I can't adequately convey what I think is Fielding's position on how machines should interact with RESTful systems, but I will convey my understanding of the purpose and intent of his thesis:
REST is a characterization of the Web architecture itself. It's not an alternative WWW, it is an abstract description of the principles behind the WWW. You can see this theme in Chapter 4 of the thesis in which Fielding characterizes REST [1].
> This chapter presents the requirements of the World Wide Web architecture and the problems faced in designing and evaluating proposed improvements to its key communication protocols. I use the insights garnered from the survey and classification of architectural styles for network-based hypermedia systems to hypothesize methods for developing an architectural style that would be used to guide the design of improvements for the modern Web architecture. [...]

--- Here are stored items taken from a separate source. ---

//! TERMS: what time costs.
ghost use Rattle.pc_faults.specs.declared.kind.Kind.TheVariants as kinds;
ghost use Rattle.pc_deck.specs.Terms.{terms_kind, terms_card};
ghost use Rattle.pc_deck.specs.WrittenKinds.{written_of};

use pc_cards::card::{Card, Layout};
use pc_cards::field::{Misfit, read_amount};
use pc_cards::form::{FieldForm, Slot};
use pc_cards::sort::Sort;
use pc_faults::Kind;
use pc_model::MAX_TERMS;
use pc_records::{Fields, Records};
use pc_text::digits;
use std::alloc::AllocError;

/// The TERMS card: what a unit of time costs, and what is paid for an early end or for a late one, in amounts of money
/// for each unit.
#[derive(Clone, Copy)]
pub struct TermsCard {
    pub row: u32,
    /// What each unit of the project's length costs.
    pub overhead: u64,
    /// The length, in units, from which on an end is late.
    pub target: u64,
    /// What is gained for each unit before the target.
    pub bonus: u64,
    /// What is lost for each unit after the target.
    pub penalty: u64,
}

/// One of the four numbers.
const TERM: FieldForm = FieldForm::Number {
    least: 0,
    most: MAX_TERMS,
};

const SLOTS: [Slot; 4] = [(2, TERM), (3, TERM), (4, TERM), (5, TERM)];

impl Card for TermsCard {
    ghost slots = { terms_kind.slots };

    ghost least = { 5 };

    ghost most = { 5 };

    ghost spelled = { terms_card };

    ghost written = { (written_of kinds.Terms).written };

    fn layout(_: Sort) -> Layout {
        Layout {
            slots: &SLOTS,
            least: 5,
            most: 5,
        }
    }

    fn read<F: Fields>(_: Sort, row: u32, fields: &F) -> Result<TermsCard, Misfit> {
        Ok(TermsCard {
            row,
            overhead: read_amount(fields, 2, 0, MAX_TERMS)?,
            target: read_amount(fields, 3, 0, MAX_TERMS)?,
            bonus: read_amount(fields, 4, 0, MAX_TERMS)?,
            penalty: read_amount(fields, 5, 0, MAX_TERMS)?,
        })
    }

    fn put<R: Records>(self, kind: Kind, text: &mut R) -> Result<(), AllocError> {
        text.put(&[
            kind.word(),
            digits(self.overhead).bytes(),
            digits(self.target).bytes(),
            digits(self.bonus).bytes(),
            digits(self.penalty).bytes(),
        ])
    }
}
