//! A source and a sink over `Read` and `Write` of std.
ghost use Rattle.std.specs.Prelude.{◌≡◌};

use crate::{FIXED_KEY, Failed, Sink, Source};
use std::io::{Read, Write};

/// A source that reads from `R`. Contracts can see its bytes if they can see those of `R`, which is not so for standard
/// input and files.
///
/// Each error of a read is a fault. If the key could not be drawn, each pull on a buffer that is not empty is a fault.
#[derive(Drop)]
pub struct ReadSource<R> {
    inner: R,
    faults: u64,
    key: Option<u128>,
}

impl<R: Read> ReadSource<R> {
    /// Returns a source that reads from `inner`, with a fixed key.
    pub fn new(inner: R) -> ReadSource<R>
        ensures left { ⟦<ReadSource<R> as Source>⟧.left result ≡ R.remaining inner }
        ensures faults { ⟦<ReadSource<R> as Source>⟧.faults result ≡ 0 }
    {
        ReadSource {
            inner,
            faults: 0,
            key: Some(FIXED_KEY),
        }
    }

    /// Returns this source with a key that [`draw_key`](crate::draw_key) returned. With `None` each pull has a fault.
    pub fn with_key(self, key: Option<u128>) -> ReadSource<R>
    where
        R: Drop,
        ensures left { ⟦<ReadSource<R> as Source>⟧.left result ≡ ⟦<ReadSource<R> as Source>⟧.left self }
        ensures faults { ⟦<ReadSource<R> as Source>⟧.faults result ≡ ⟦<ReadSource<R> as Source>⟧.faults self }
    {
        ReadSource { key, ..self }
    }
}

impl<R: Read> Source for ReadSource<R> {
    ghost left = { λ source. R.remaining source.inner };

    ghost faults = { λ source. source.faults };

    fn pull(&mut self, buf: &mut [u8]) -> Result<usize, Failed> {
        if buf.is_empty() {
            return Ok(0);
        }
        if self.key.is_none() {
            self.faults = self.faults.saturating_add(1);
            return Err(Failed);
        }
        match self.inner.read(buf) {
            Ok(n) => Ok(n),
            Err(_) => {
                self.faults = self.faults.saturating_add(1);
                Err(Failed)
            }
        }
    }

    fn key(&self) -> u128 {
        self.key.unwrap_or(FIXED_KEY)
    }
}

/// A sink that writes to `W`. Contracts can see its bytes if they can see those of `W`, which is not so for standard
/// output and files.
///
/// Each error of a write or a flush is a fault, and so is a write that takes nothing of a piece that is not empty.
#[derive(Drop)]
pub struct WriteSink<W> {
    inner: W,
    faults: u64,
}

impl<W: Write> WriteSink<W> {
    /// Returns a sink that writes to `inner`.
    pub fn new(inner: W) -> WriteSink<W>
        ensures taken { ⟦<WriteSink<W> as Sink>⟧.taken result ≡ W.contents inner }
        ensures faults { ⟦<WriteSink<W> as Sink>⟧.faults result ≡ 0 }
    {
        WriteSink { inner, faults: 0 }
    }
}

impl<W: Write> Sink for WriteSink<W> {
    ghost taken = { λ sink. W.contents sink.inner };

    ghost faults = { λ sink. sink.faults };

    fn push(&mut self, piece: &[u8]) -> Result<usize, Failed> {
        if piece.is_empty() {
            return Ok(0);
        }
        match self.inner.write(piece) {
            Ok(n) if n > 0 => Ok(n),
            _ => {
                self.faults = self.faults.saturating_add(1);
                Err(Failed)
            }
        }
    }

    fn flush(&mut self) -> Result<(), Failed> {
        match self.inner.flush() {
            Ok(()) => Ok(()),
            Err(_) => {
                self.faults = self.faults.saturating_add(1);
                Err(Failed)
            }
        }
    }
}
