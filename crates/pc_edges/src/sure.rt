//! A source and a sink that never fail: bytes in memory, and a count of bytes that are not stored.
ghost use Rattle.std.specs.Prelude.{◌≡◌, ◌+◌, ◌-◌, ◌^◌, Some, Ok, length, min, IsOk};

use crate::{Failed, Sink, Source};
use std::marker::Model;

/// A source of bytes in memory that never fails. Each pull fills its buffer, as far as there are bytes.
///
/// Contracts can see its bytes. Its count of faults stays at 0.
#[derive(Drop)]
pub struct SureSource<'b> {
    left: &'b [u8],
}

impl<'b> Model for SureSource<'b> {
    ghost use Rattle.std.specs.Prelude.{ℕ, List};

    ghost Value = { List ℕ };

    ghost view = { λ source. source.left.now };
}

impl<'b> SureSource<'b> {
    /// Returns a source of `bytes`, which it borrows.
    pub fn new(bytes: &'b [u8]) -> SureSource<'b>
        ensures { result ≡ bytes.now }
    {
        SureSource { left: bytes }
    }
}

impl<'b> Source for SureSource<'b> {
    ghost left = { λ source. Some source };

    ghost faults = { λ source. 0 };

    fn pull(&mut self, buf: &mut [u8]) -> Result<usize, Failed> {
        let n = buf.len().min(self.left.len());
        buf[..n].copy_from_slice(&self.left[..n]);
        self.left = &self.left[n..];
        Ok(n)
    }
}

/// A sink that takes every piece completely and counts the bytes. No call on it ever fails.
///
/// Contracts cannot see its bytes. Its count of faults stays at 0.
#[derive(Drop)]
pub struct SureSink {
    count: u64,
}

impl Model for SureSink {
    ghost use Rattle.std.specs.Prelude.{ℕ};

    ghost Value = { ℕ };

    ghost view = { λ sink. sink.count };
}

impl SureSink {
    /// Returns a sink that has taken nothing.
    pub fn new() -> SureSink
        ensures { result ≡ 0 }
    {
        SureSink { count: 0 }
    }

    /// Returns how many bytes were taken. The count does not go past the end of its type.
    pub fn count(&self) -> u64
        ensures { result ≡ self.now }
    {
        self.count
    }
}

impl Sink for SureSink {
    ghost faults = { λ sink. 0 };

    fn push(&mut self, piece: &[u8]) -> Result<usize, Failed>
        ensures sure { result ≡ Ok (length piece.now) }
        ensures counted { self.new ≡ min (self.old + length piece.now) (2 ^ 64 - 1) }
    {
        self.count = self.count.saturating_add(piece.len() as u64);
        Ok(piece.len())
    }

    fn flush(&mut self) -> Result<(), Failed>
        ensures sure { IsOk result }
        ensures kept { self.new ≡ self.old }
    {
        Ok(())
    }
}
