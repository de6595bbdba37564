//! STATUS: when an activity was begun or ended.
ghost use Rattle.std.specs.Prelude.{◌≡◌};
ghost use Rattle.pc_cards.specs.Forms.{letter_text};
ghost use Rattle.pc_faults.specs.declared.kind.Kind.TheVariants as kinds;
ghost use Rattle.pc_deck.specs.Status.{status_kind, status_card};
ghost use Rattle.pc_deck.specs.WrittenKinds.{written_of};

use pc_cards::card::{Card, Layout};
use pc_cards::field::{Misfit, read_code, read_date, read_letter};
use pc_cards::form::{FieldForm, Slot};
use pc_cards::sort::Sort;
use pc_days::{Day, day_text};
use pc_faults::Kind;
use pc_records::{Fields, Records};
use pc_text::Code;
use std::alloc::AllocError;

/// A STATUS card: when an activity was begun or, where `finished`, ended.
#[derive(Clone, Copy)]
pub struct StatusCard {
    pub row: u32,
    pub activity: Code,
    pub finished: bool,
    pub day: Day,
}

const SLOTS: [Slot; 3] = [
    (2, FieldForm::Code),
    (3, FieldForm::Letter),
    (4, FieldForm::Date),
];

impl Card for StatusCard {
    ghost slots = { status_kind.slots };

    ghost least = { 4 };

    ghost most = { 4 };

    ghost spelled = { status_card };

    ghost written = { (written_of kinds.Status).written };

    fn layout(_: Sort) -> Layout {
        Layout {
            slots: &SLOTS,
            least: 4,
            most: 4,
        }
    }

    fn read<F: Fields>(_: Sort, row: u32, fields: &F) -> Result<StatusCard, Misfit> {
        Ok(StatusCard {
            row,
            activity: read_code(fields, 2)?,
            finished: read_letter(fields, 3)?,
            day: read_date(fields, 4)?,
        })
    }

    fn put<R: Records>(self, kind: Kind, text: &mut R) -> Result<(), AllocError> {
        let day = day_text(self.day);
        text.put(&[
            kind.word(),
            self.activity.bytes(),
            letter(self.finished),
            day.as_slice(),
        ])
    }
}

/// The letter of a status: `F` where the activity is finished, or else `S`.
fn letter(finished: bool) -> &'static [u8]
    ensures { result.now ≡ letter_text finished }
{
    if finished { b"F" } else { b"S" }
}
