//! Where bytes come in and go out: sources that you pull from, sinks that you push to, and the calls that read a source
//! to its end and write a complete text.
//!
//! Contracts can see the bytes of some sources and sinks (`left`, `taken`), such as those in memory. Every source and
//! sink keeps a count of faults that never falls, and a call returns `Failed` only if that count rose.
#![tactic(auto)]

mod calls;
mod file_source;
pub mod lines;
mod loading;
mod mem_sink;
mod mem_source;
pub mod page;
mod sink;
mod source;
mod streams;
mod sure;

pub use file_source::FileSource;
pub use loading::{LoadError, STREAM_ROOM, load};
pub use mem_sink::MemSink;
pub use mem_source::MemSource;
pub use sink::{Sink, push_all};
pub use source::{FIXED_KEY, Failed, Source, draw_key};
pub use streams::{ReadSource, WriteSink};
pub use sure::{SureSink, SureSource};
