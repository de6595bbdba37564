//! The tasks that links connect to the start and to the end.
ghost use Rattle.std.specs.Prelude.{◌≡◌, ◌<◌, ◌^◌, false, not, filter, length, slice_index_or, IfOk};
ghost use Rattle.pc_tasks.specs.network.Arrows.{firsts, lasts};
ghost use Rattle.pc_tasks.specs.network.Tasks.{AreAmong};
ghost use Rattle.std.specs.List.{range_with_len};

use pc_project::AfterRow;
use std::alloc::{AllocError, Global};

/// Returns the tasks that come after no other, in card order. Linear in tasks and rows.
pub(crate) fn firsts(alloc: Global, tasks: u32, afters: &[AfterRow]) -> Result<Vec<u32>, AllocError>
    requires { AreAmong tasks afters.now }
    ensures { IfOk result (λ found. found.items ≡ firsts tasks afters.now) }
{
    let mut come = vec![in alloc; false; tasks as usize]?;
    for after in afters {
        come[after.task as usize] = true;
    }
    unmarked(alloc, &come)
}

/// Returns the tasks that no other comes after, in card order. Linear in tasks and rows.
pub(crate) fn lasts(alloc: Global, tasks: u32, afters: &[AfterRow]) -> Result<Vec<u32>, AllocError>
    requires { AreAmong tasks afters.now }
    ensures { IfOk result (λ found. found.items ≡ lasts tasks afters.now) }
{
    let mut come = vec![in alloc; false; tasks as usize]?;
    for after in afters {
        come[after.before as usize] = true;
    }
    unmarked(alloc, &come)
}

/// Returns the numbers without a mark, in their order.
fn unmarked(alloc: Global, marks: &[bool]) -> Result<Vec<u32>, AllocError>
    requires { length marks.now < 2 ^ 32 }
    ensures { IfOk result (λ found. found.items
        ≡ filter (λ i. not (slice_index_or marks.now i false)) (range_with_len 0 (length marks.now))) }
{
    let mut found = Vec::with_capacity(alloc, marks.len())?;
    for i in 0..marks.len() as u32 {
        if !marks[i as usize] {
            found.push(i)?;
        }
    }
    Ok(found)
}
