//! ACT: an activity of the network.
ghost use Rattle.std.specs.Prelude.{refl};
ghost use Rattle.pc_faults.specs.declared.kind.Kind.TheVariants as kinds;
ghost use Rattle.pc_deck.specs.Act.{act_kind, act_card};
ghost use Rattle.pc_deck.specs.WrittenKinds.{written_of};

use pc_cards::card::{Card, Coded, Layout};
use pc_cards::field::{Misfit, read_amount, read_code, read_title};
use pc_cards::form::{DURATION, FieldForm, MONEY, SLOPE, Slot};
use pc_cards::sort::Sort;
use pc_faults::Kind;
use pc_model::{MAX_COST, MAX_DURATION, MAX_SLOPE};
use pc_records::{Fields, Records};
use pc_text::{Code, Title, digits};
use std::alloc::AllocError;

/// An ACT card: an activity, with its estimates and durations in units and its costs.
#[derive(Clone, Copy)]
pub struct ActCard {
    pub row: u32,
    pub code: Code,
    pub from: Code,
    pub to: Code,
    pub item: Code,
    pub opt: u64,
    pub likely: u64,
    pub pess: u64,
    pub normal: u64,
    pub crash: u64,
    pub cost: u64,
    pub slope: u64,
    pub title: Title,
}

const SLOTS: [Slot; 12] = [
    (2, FieldForm::Code),
    (3, FieldForm::Code),
    (4, FieldForm::Code),
    (5, FieldForm::Code),
    (6, DURATION),
    (7, DURATION),
    (8, DURATION),
    (9, DURATION),
    (10, DURATION),
    (11, MONEY),
    (12, SLOPE),
    (13, FieldForm::Title),
];

impl Card for ActCard {
    ghost slots = { act_kind.slots };

    ghost least = { 13 };

    ghost most = { 13 };

    ghost spelled = { act_card };

    ghost written = { (written_of kinds.Act).written };

    fn layout(_: Sort) -> Layout {
        Layout {
            slots: &SLOTS,
            least: 13,
            most: 13,
        }
    }

    fn read<F: Fields>(_: Sort, row: u32, fields: &F) -> Result<ActCard, Misfit> {
        Ok(ActCard {
            row,
            code: read_code(fields, 2)?,
            from: read_code(fields, 3)?,
            to: read_code(fields, 4)?,
            item: read_code(fields, 5)?,
            opt: read_amount(fields, 6, 0, MAX_DURATION)?,
            likely: read_amount(fields, 7, 0, MAX_DURATION)?,
            pess: read_amount(fields, 8, 0, MAX_DURATION)?,
            normal: read_amount(fields, 9, 0, MAX_DURATION)?,
            crash: read_amount(fields, 10, 0, MAX_DURATION)?,
            cost: read_amount(fields, 11, 0, MAX_COST)?,
            slope: read_amount(fields, 12, 0, MAX_SLOPE)?,
            title: read_title(fields, 13)?,
        })
    }

    fn put<R: Records>(self, kind: Kind, text: &mut R) -> Result<(), AllocError> {
        text.put(&[
            kind.word(),
            self.code.bytes(),
            self.from.bytes(),
            self.to.bytes(),
            self.item.bytes(),
            digits(self.opt).bytes(),
            digits(self.likely).bytes(),
            digits(self.pess).bytes(),
            digits(self.normal).bytes(),
            digits(self.crash).bytes(),
            digits(self.cost).bytes(),
            digits(self.slope).bytes(),
            self.title.bytes(),
        ])
    }
}

impl Coded for ActCard {
    ghost own_code = { λ act. act.code };

    fn code(&self) -> &Code {
        &self.code
    }

    ghost second_field = { λ row fields. refl };
}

> The early Web architecture was based on solid principles--separation of concerns, simplicity, and generality--but lacked an architectural description and rationale. The design was based on a set of informal hypertext notes, two early papers oriented towards the user community, and archived discussions on the Web developer community mailing list. In reality, however, the only true description of the early Web architecture was found within the implementations of libwww (the CERN protocol library for clients and servers), Mosaic (the NCSA browser client), and an assortment of other implementations that interoperated with them.
> An architectural style can be used to define the principles behind the Web architecture such that they are visible to future architects. As discussed in Chapter 1, a style is a named set of constraints on architectural elements that induces the set of properties desired of the architecture. The first step in my approach, therefore, is to identify the constraints placed within the early Web architecture that are responsible for its desirable properties. (internal citations elided)
By "distributed hypermedia systems", did he really mean "alternative browsers for alternative WWWs"?